Arbitrary number of arguments
As seen before, the print()
function can accept zero or more values separated by a comma. Here's a portion of the documentation as a refresher:
print(value, ..., sep=' ', end='\n', file=sys.stdout, flush=False)
You can write your own functions to accept arbitrary number of arguments as well. The packing syntax is similar to the sequence unpacking examples seen earlier in the chapter. A *
prefix to an argument name will allow it to accept zero or more values. Such an argument will be packed as a tuple
data type and it should always be specified after positional arguments (if any). Idiomatically, args
is used as the variable name. Here's an example:
>>> def many(a, *args):
... print(f'{a = }; {args = }')
...
>>> many()
Traceback (most recent call last):
File "<stdin>", line 1, in <module>
TypeError: many() missing 1 required positional argument: 'a'
>>> many(1)
a = 1; args = ()
>>> many(1, 'two', 3)
a = 1; args = ('two', 3)
Here's a more practical example:
>>> def sum_nums(*args):
... total = 0
... for n in args:
... total += n
... return total
...
>>> sum_nums()
0
>>> sum_nums(3, -8)
-5
>>> sum_nums(1, 2, 3, 4, 5)
15
As an exercise,
- add a default valued argument
initial
which should be used to initializetotal
instead of0
in the abovesum_nums()
function. For example,sum_nums(3, -8)
should give-5
andsum_nums(1, 2, 3, 4, 5, initial=5)
should give20
. - what would happen if you call the above function like
sum_nums(initial=5, 2)
? - what would happen if you have
nums = (1, 2)
and call the above function likesum_nums(*nums, initial=3)

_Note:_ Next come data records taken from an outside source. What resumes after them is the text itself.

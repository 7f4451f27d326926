//! A place by a hint.
ghost use Rattle.std.specs.Prelude.{◌≡◌};
ghost use Rattle.route_lines.specs.Calls.{after_place_near, placed_near};
ghost use Rattle.route_lines.specs.Searches.{CountsWithin, most_for, most_near};
ghost use Rattle.route_book.specs.Book.{Changes};

use route_book::{BookBacking, Counts, PtrCore, Refusal, RouteBook, Word};

/// Puts a place in by a hint: no more than 7 comparisons with keys are made if the hint is near.
pub fn place_near_counted<P: PtrCore, B: BookBacking<P>>(
    book: &mut RouteBook<P, B>,
    key: u64,
    word: Word,
    near: u64,
    counts: &mut Counts,
) -> Result<u64, Refusal>
    ensures changes { Changes (placed_near book.old.state near)
        (after_place_near book.old.state key word near) result book.old book.new }
    ensures others { (book.new.stops ≡ book.old.stops) × (book.new.marks ≡ book.old.marks) }
    ensures counts { CountsWithin counts.old counts.new
        (most_near book.old.state key near) (most_for book.old.state near) 0 }
{
    book.place_near_counted(key, word, near, counts)
}
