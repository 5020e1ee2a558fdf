//! Runs of a client and a server whose calls are made in any order: what is promised does not depend on when a datagram
//! or a report is taken; no code.
#![tactic(auto)]

mod laws;

pub use laws::{ever_law, example_law, layer_law, order_law};
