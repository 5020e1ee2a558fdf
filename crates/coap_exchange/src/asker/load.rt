//! What the client's side of the exchanges tells of itself: how much it has, and what a datagram would be.
ghost use Rattle.std.specs.Prelude.{◌≡◌, length};
ghost use Rattle.coap_layer.specs.Machine.Load.{IsLayerLoad};
ghost use Rattle.coap_layer.specs.Machine.Would.{would_of};

use crate::asker::Asker;
use coap_layer::{LayerLoad, Would};
use coap_types::{Endpoint, Moment};
use std::alloc::Allocator;
use std::hash::BuildHasher;

impl<A: Allocator + Copy, S: BuildHasher> Asker<A, S> {
    /// How much the message layer has at this moment. A moment before the last one counts as the last. Nothing changes.
    /// It takes no memory.
    pub fn load(&self, now: Moment) -> LayerLoad
        // What a client's exchanges tell of their load is what their message layer tells.
        ensures { IsLayerLoad now.0 result self.now.state.layer }
    {
        self.layer.load(now)
    }

    /// How many tokens of observations are kept.
    pub fn kept_len(&self) -> usize
        // The number is that of the tokens that are kept.
        ensures { result ≡ length self.now.state.own.kept }
    {
        self.held.kept.len()
    }

    /// What a datagram would be if it arrived now. A moment before the last one counts as the last. Nothing changes. It
    /// takes no memory.
    pub fn would(&self, now: Moment, from: Endpoint, bytes: &[u8]) -> Would
        // What a datagram would be at a client's exchanges is what it would be at their message layer.
        ensures { result ≡ would_of self.now.state.layer now.0 from bytes.now }
    {
        self.layer.would(now, from, bytes)
    }
}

? - in what ways does this function differ from the sum() built-in function?
See also docs.python: Arbitrary Argument Lists.
Section Arbitrary keyword arguments in a later chapter will discuss how to define functions that accept arbitrary number of keyword arguments.
zip
Use zip() to iterate over two or more iterables simultaneously. Every iteration, you'll get a tuple
with an item from each of the iterables. Iteration will stop when any of the iterables is exhausted. See itertools.zip_longest() and stackoverflow: Zipped Python generators with 2nd one being shorter for alternatives.
Here's an example:
>>> odd = (1, 3, 5)
>>> even = (2, 4, 6)
>>> for i, j in zip(odd, even):
... print(i + j)
...
3
7
11
As an exercise, write a function that returns the sum of product of corresponding elements of two sequences. For example, the result should be 44
for (1, 3, 5)
and (2, 4, 6)
.
Tuple methods
While this book won't discuss Object-Oriented Programming (OOP) in any detail, you'll still see plenty examples for using them. You've already seen a few examples with modules. See Practical Python Programming and Fluent Python if you want to learn about Python OOP in depth. See also docs.python: Data model.

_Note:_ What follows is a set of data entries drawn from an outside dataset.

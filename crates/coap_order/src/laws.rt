//! What the order of calls changes, and what it doesn't.
ghost use Rattle.std.specs.Prelude.{◌++◌, List};
ghost use Rattle.coap_layer.specs.Machine.State as layer;
ghost use Rattle.coap_layer.specs.Machine.Steps.{Asked, Steps};
ghost use Rattle.coap_layer.specs.Trace as layers;
ghost use Rattle.coap_promise.specs.Clocks.{Clocks};
ghost use Rattle.coap_resource.specs.Content.{Content};
ghost use Rattle.coap_promise.specs.LegalRuns.{config};
ghost use Rattle.coap_order.specs.Agrees.{IsPromised, IsPromisedEver};
ghost use Rattle.coap_order.specs.Applied.{SuccessesApplied};
ghost use Rattle.coap_order.specs.Example.{counting, loops};
ghost use Rattle.coap_order.specs.Held.{BodiesHeld};
ghost use Rattle.coap_order.specs.OfRecords.{RecordsAreRuns};
ghost use Rattle.coap_order.specs.Queue.{NoneTakes, outs, with_queue};
ghost use Rattle.coap_order.specs.Reads.{HasRecord};
ghost use Rattle.coap_order.specs.Run.{AnyRun, LegalRun, RunOf};
ghost use Rattle.coap_record.specs.Events.{Config};
ghost use Rattle.coap_record.specs.Record.{Entry};

/// What a message layer does depends on no datagram that waits to be taken.
pub fn layer_law()
    // Calls none of which takes a datagram are answered alike, whatever waits, and put theirs behind it.
    ensures any { (q : List layers.Packet) (old new : layer.State) (asks : List Asked) → NoneTakes asks
        → Steps old asks new
        → Steps (with_queue q old) asks (with_queue (q ++ outs old asks) new) }
{}

/// What is promised of a client and a server whatever the order in which their programs call them: when datagrams and
/// reports are taken, how many inputs come one behind the other, and when the ends are looked at.
pub fn order_law()
    // What `agrees`, `fresh` and `bounded` of `agreement` promise of a record is promised of each legal run, but that
    // reports may wait to be taken; what is reported was held at most 252,000 ms before (RFC 7252, section 4.8.2).
    ensures promised { (c : Clocks) (config : Config) (run : List Entry) → RunOf config run → LegalRun config c run
        → IsPromised config c run }
    // Where a body is taken from the client, the server held it at the path of the call, behind a call of the run that
    // is not before the client's own (RFC 7252, section 5.8.1).
    ensures held { (c : Clocks) (config : Config) (run : List Entry) → RunOf config run → LegalRun config c run
        → BodiesHeld config run }
    // Where success is taken, the server applied a request that the client sent for the call before, and answered it
    // with that code (RFC 7252, section 5.8).
    ensures applied { (c : Clocks) (config : Config) (run : List Entry) → RunOf config run → LegalRun config c run
        → SuccessesApplied config run }
    // Each legal run has a legal record of the same inputs and answers, by the same clocks, in which all that is out is
    // taken behind each input.
    ensures record_of { (c : Clocks) (config : Config) (run : List Entry) → RunOf config run → LegalRun config c run
        → HasRecord config c run }
    // The calls of each legal record are a legal run, by the same clocks: so each run that is written out is one.
    ensures of_records { RecordsAreRuns }
{}

/// What holds of a run in any order, however late datagrams are, and however the clocks run.
pub fn ever_law()
    // What `any_time_law` promises of a record, but for its clauses `came` and `behind`, is promised of the run.
    ensures ever { (c : Clocks) (config : Config) (run : List Entry) → RunOf config run → AnyRun config c run
        → IsPromisedEver config run }
{}

/// The law of runs in any order is a law of something: a run of two loops.
pub fn example_law()
    // A run is legal in which the datagrams are taken later than they are made, and both ends are looked at meanwhile.
    ensures { (stored : Content) × RunOf config (loops stored) × LegalRun config counting (loops stored) }
{}
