// What becomes of a client by the sending of the first request of the operation that runs, which was
// given a token or could not be sent.
fn begin<A: Allocator + Copy, H: BuildHasher>(
    parts: &mut Parts<A, H>,
    at: Moment,
    given: Option<Token>,
)
    requires room { deque_len parts.old.held.reports < deque_capacity parts.old.held.reports }
    requires apart { Apart (own_of parts.old.held) }
    ensures begun { (op : Op) (behind : exchange.State) (word : ℕ) → (own_of parts.old.held).running ≡ Some op
        → Sends behind at.0 (message_of (map shown_observation parts.old.held.operations.live) op) word given
        parts.old.asker.state
        → Comes behind (runs op (clocked at.0 (own_of parts.old.held))) at.0 word (seen parts.new) }
    ensures before { parts.new.asker.before ≡ parts.old.asker.before }
{
    parts.held.clock = at;
    parts.held.asked = note_sending(parts, at, given);
}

Data types in Python are all internally implemented as classes. You can use the dir() built-in function to get a list of valid attributes for an object.

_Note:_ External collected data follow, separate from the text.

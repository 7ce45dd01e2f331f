//! Tests of sets that are rotated and shifted. The expected values are worked out by hand, or by a
//! loop over the indexes.

ghost use Rattle.std.specs.Prelude.{◌<◌, IsTrue};

use crate::between::turned;
use crate::checks::{holds, same};
use bittle::prelude::*;
use bittle::{BigEndian, BitsOwned, Endian, LittleEndian, Set};
use bittle_ext::prelude::*;
use std::process::Abort;

// Returns the set rotated down, rotated up, shifted down and shifted up, each by its own distance.
fn moved_each_way<B: BitsOwned>(set: B, by: [u32; 4]) -> [B; 4]
    requires { IsTrue B.indexable }
{
    let mut sets = [set; 4];
    for way in 0..4usize {
        sets[way] = moved(way as u32, set, by[way]);
    }
    sets
}

// Calls `moved_each_way` on the set in the order `E`.
fn moved_each_way_in<B: BitsOwned, E: Endian>(set: B, by: [u32; 4]) -> [B; 4]
    requires { IsTrue B.indexable }
{
    let mut sets = [set; 4];
    for way in 0..4usize {
        sets[way] = moved_in::<B, E>(way as u32, set, by[way]);
    }
    sets
}

#[test]
fn a_word(rt: HostRuntime) {
    // Bits 1 and 4 are set.
    let word = 0b0001_0010u8;
    let words = moved_each_way(word, [2, 4, 2, 4]);
    same!(rt; words, [0b1000_0100, 0b0010_0001, 0b0000_0100, 0b0010_0000]);
    same!(rt; moved_each_way(word, [0; 4]), [word; 4]);
}

#[test]
fn a_word_from_the_left(rt: HostRuntime) {
    // In little-endian order, bits 1 and 4 are set.
    let words = moved_each_way_in::<_, LittleEndian>(0b0100_1000u8, [2, 4, 2, 4]);
    same!(rt; words, [0b0010_0001, 0b1000_0100, 0b0010_0000, 0b0000_0100]);
}

#[test]
fn distances_past_the_capacity(rt: HostRuntime) {
    // Bits 1 and 4 are set. A rotation by `u32::MAX` is a rotation by 7.
    let word = 0b0001_0010u8;
    same!(rt; moved_each_way(word, [8; 4]), [word, word, 0, 0]);
    let words = moved_each_way(word, [10, u32::MAX, u32::MAX, u32::MAX]);
    same!(rt; words, [0b1000_0100, 0b0000_1001, 0, 0]);
}

#[test]
fn words_of_other_types(rt: HostRuntime) {
    same!(rt; moved(1, i16::MIN, 1), 1);
    same!(rt; moved(2, -1i16, 1), i16::MAX);
}

#[test]
fn a_row(rt: HostRuntime) {
    // Bits 0, 7 and 23 are set.
    let row = [0x81u8, 0, 0x80];
    let rows = moved_each_way(row, [7, 1, 8, 9]);
    same!(rt; (rows[0], rows[1]), ([0x01, 0, 0x03], [0x03, 0x01, 0]));
    same!(rt; (rows[2], rows[3]), ([0, 0x80, 0], [0, 0x02, 0x01]));
    same!(rt; moved(0, row, 8), [0, 0x80, 0x81]);
}

#[test]
fn a_row_from_the_left(rt: HostRuntime) {
    // In little-endian order, bits 0, 7 and 16 are set.
    let rows = moved_each_way_in::<_, LittleEndian>([0x81u8, 0, 0x80], [1, 9, 7, 9]);
    same!(rt; (rows[0], rows[1]), ([0x02, 0x01, 0x01], [0x40, 0x40, 0x80]));
    same!(rt; (rows[2], rows[3]), ([0x80, 0x40, 0], [0, 0x40, 0x80]));
}

// Returns the index to which the call that `way` selects in `moved` moves the bit at `index`, or
// `None` if the bit is shifted out.
fn target(way: u32, index: u32, by: u32, capacity: u32) -> Option<u32>
    requires { index < capacity }
{
    let (from, far, all) = (index as u64, by as u64, capacity as u64);
    match way {
        0 | 4 => Some((from.wrapping_add(all).wrapping_sub(far % all) % all) as u32),
        1 | 5 => Some((from.wrapping_add(far) % all) as u32),
        2 => index.checked_sub(by),
        _ => if from.wrapping_add(far) < all {
            Some(index.wrapping_add(by))
        } else {
            None
        },
    }
}

// Makes the set that `moved_in` should return, by a loop over the indexes.
fn looped<B: BitsOwned, E: Endian>(way: u32, set: &B, by: u32) -> B
    requires { IsTrue B.indexable }
{
    let mut made = B::zeros();
    let capacity = B::bits();
    for index in 0..capacity {
        if set.test_bit_in::<E>(index) {
            if let Some(to) = target(way, index, by, capacity) {
                made.set_bit_in::<E>(to);
            }
        }
    }
    made
}

// Makes one call that moves all bits of the set by `by` indexes, and returns the set. `way` selects
// one of six calls. Indexes follow the bit order `E`.
fn moved_in<B: BitsOwned, E: Endian>(way: u32, set: B, by: u32) -> B
    requires { IsTrue B.indexable }
{
    moved(way, Set::<B, E>::new_in(set), by).into_bits()
}

// Returns `set` with its bits moved by `by` indexes, in the order of the type. `way` selects one of
// four calls, or, if it is 4 or 5, one of two rotations in place.
pub(crate) fn moved<B: BitsOwned>(way: u32, set: B, by: u32) -> B
    requires { IsTrue B.indexable }
{
    match way {
        0 => set.rotated_down(by),
        1 => set.rotated_up(by),
        2 => set.shifted_down(by),
        3 => set.shifted_up(by),
        _ => turned(way != 4, set, by),
    }
}

// Compares the six calls of `moved` with the loop of `looped`, for one distance.
fn agree_at<B: BitsOwned>(rt: &impl Abort, set: B, by: u32)
    requires { IsTrue B.indexable }
{
    for way in 0..6u32 {
        let left = moved_in::<B, LittleEndian>(way, set, by);
        crate::checks::ask(rt, "LE", left == looped::<B, LittleEndian>(way, &set, by));
        let right = moved_in::<B, BigEndian>(way, set, by);
        crate::checks::ask(rt, "BE", right == looped::<B, BigEndian>(way, &set, by));
        let own = moved(way, set, by);
        crate::checks::ask(rt, "own", own == looped::<B, B::Order>(way, &set, by));
    }
}

// Does the same as `agree_at` for distances near the width of a word and near the capacity.
fn agree<B: BitsOwned>(rt: &impl Abort, width: u32, set: B)
    requires { IsTrue B.indexable }
{
    let (word, all) = (width, B::bits());
    for by in [
        0,
        1,
        word.wrapping_sub(1),
        word,
        word.wrapping_add(1),
        all.wrapping_sub(1),
        all,
        all.wrapping_add(1),
        u32::MAX,
    ] {
        agree_at(rt, set, by);
    }
}

#[test]
fn words_agree_with_a_loop(rt: HostRuntime) {
    agree(&rt, 8, 0b1001_0110u8);
    agree(&rt, 128, 0x8001_0203_0405_0607_F8F9_FAFB_FCFD_FE01u128);
}

#[test]
fn rows_agree_with_a_loop(rt: HostRuntime) {
    agree(&rt, 8, [0xC5u8, 0x3A, 0x91]);
    agree(&rt, 64, [0x8000_0000_0000_0003u64, 0xF0F0_1234_5678_9ABD]);
}

#[test]
fn capacity_0(rt: HostRuntime) {
    let none: [u32; 0] = [];
    agree(&rt, 32, none);
    let moved_none = moved_each_way(none, [3, 3, 0, 3]);
    crate::checks::end_unless_equal(&rt, "no bits are moved", moved_none, [none; 4]);
    holds!(rt; moved(1, none, u32::MAX).all_zeros());
}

# you can also use tuple objects such as 'odd' and 'even' declared earlier
>>> dir(tuple)
['__add__', '__class__', '__class_getitem__', '__contains__', '__delattr__',
'__dir__', '__doc__', '__eq__', '__format__', '__ge__', '__getattribute__',
'__getitem__', '__getnewargs__', '__gt__', '__hash__', '__init__',
'__init_subclass__', '__iter__', '__le__', '__len__', '__lt__', '__mul__',
'__ne__', '__new__', '__reduce__', '__reduce_ex__', '__repr__', '__rmul__',
'__setattr__', '__sizeof__', '__str__', '__subclasshook__', 'count', 'index']
>>> even = (2, 4, 6)
# same as: len(even)
>>> even.__len__()
3
The non-dunder names (last two items) in the above listing will be discussed in this section. But first, a refresher on the in
membership operator is shown below.
>>> num = 5
>>> num in (10, 21, 33)
False
>>> num = 21
>>> num in (10, 21, 33)
True
The count()
method returns the number of times a value is present in the tuple
object.
>>> nums = (1, 4, 6, 22, 3, 5, 2, 1, 51, 3, 1)
>>> nums.count(3)
2
>>> nums.count(31)
0
The index()
method will give the index of the first occurrence of a value. It will raise ValueError
if the value isn't present, which you can avoid by using the in
operator first. Or, you can use the try-except
statement to handle the exception as needed.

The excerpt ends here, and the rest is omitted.